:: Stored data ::

//! What is in a text outside character constants and dotted words.
ghost use Rattle.std.specs.Prelude.{◌≡◌, ◌∷◌, [], false, map, IfOk};
ghost use Rattle.f77_exprs.specs.Cause as spec;

use crate::operators::begins;
use hyb_base::bytes::Bytes;
use hyb_base::no_memory::NoMemory;
use std::alloc::Global;

/// A byte, or a blank in its place.
fn unless(hidden: bool, byte: u8) -> u8
    ensures { result ≡ spec.unless hidden byte }
{
    if hidden { b' ' } else { byte }
}

/// Whether what follows a byte is inside a character constant: an apostrophe begins one, and the next ends it.
fn inside_after(inside: bool, byte: u8) -> bool
    ensures { result ≡ spec.inside_after inside byte }
{
    if byte == b'\'' { !inside } else { inside }
}

/// A text with blanks in place of its character constants (ANSI X3.9-1978, section 4.8).
fn without_constants(alloc: Global, text: &[u8]) -> Result<Bytes, NoMemory>
    ensures { IfOk result (λ b. b ≡ spec.without_constants false text.now) }
{
    let mut found = Bytes::with_capacity(alloc, text.len())?;
    let mut inside = false;
    let mut rest = text;
    while let Some((byte, after)) = rest.split_first() {
        found.push(unless(inside || *byte == b'\'', *byte))?;
        inside = inside_after(inside, *byte);
        rest = after;
    }
    Ok(found)
}

/// The length of the first of some words that a text begins with: 0 where it begins with none.
fn first_length(words: &[&[u8]], text: &[u8]) -> usize
    ensures { result ≡ spec.word_length (map (λ word. word.now) words.now) text.now }
{
    match words {
        [] => 0,
        [word, others @ ..] => {
            if begins(word, text) {
                word.len()
            } else {
                first_length(others, text)
            }
        }
    }
}

/// The length of the dotted word that a text begins with: 0 where it begins with none.
fn word_length(text: &[u8]) -> usize
    ensures { result ≡ spec.word_length spec.dotted_words text.now }
{
    first_length(
        &[
            b".EQ.".as_slice(),
            b".NE.".as_slice(),
            b".LT.".as_slice(),
            b".LE.".as_slice(),
            b".GT.".as_slice(),
            b".GE.".as_slice(),
            b".NOT.".as_slice(),
            b".AND.".as_slice(),
            b".OR.".as_slice(),
            b".EQV.".as_slice(),
            b".NEQV.".as_slice(),
            b".TRUE.".as_slice(),
            b".FALSE.".as_slice(),
        ],
        text,
    )
}

/// How many bytes of a dotted word are from here on, where `left` are left of one that began before.
fn dotted_from(left: usize, text: &[u8]) -> usize
    ensures { result ≡ spec.dotted_from left text.now }
{
    if left == 0 { word_length(text) } else { left }
}

/// A text with blanks in place of its dotted words, which are taken from the left.
fn without_words(alloc: Global, text: &[u8]) -> Result<Bytes, NoMemory>
    ensures { IfOk result (λ b. b ≡ spec.without_words 0 text.now) }
{
    let mut found = Bytes::with_capacity(alloc, text.len())?;
    let mut left = 0;
    let mut rest = text;
    while let Some((byte, after)) = rest.split_first() {
        let dotted = dotted_from(left, rest);
        found.push(unless(dotted > 0, *byte))?;
        left = dotted.saturating_sub(1);
        rest = after;
    }
    Ok(found)
}

/// A text with blanks in place of its character constants and dotted words.
pub fn outside(alloc: Global, text: &[u8]) -> Result<Bytes, NoMemory>
    ensures { IfOk result (λ b. b ≡ spec.outside text.now) }
{
    let plain = without_constants(alloc, text)?;
    without_words(alloc, plain.as_slice())
}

:: WHAT THE TASK REQUIRES ::
Reproduce the lines of the records exactly, from the first one through the line that contains "use hyb_base::bytes::Bytes;".

:: SOLUTION TO THIS EXERCISE ::
//! What is in a text outside character constants and dotted words.
ghost use Rattle.std.specs.Prelude.{◌≡◌, ◌∷◌, [], false, map, IfOk};
ghost use Rattle.f77_exprs.specs.Cause as spec;

use crate::operators::begins;
use hyb_base::bytes::Bytes;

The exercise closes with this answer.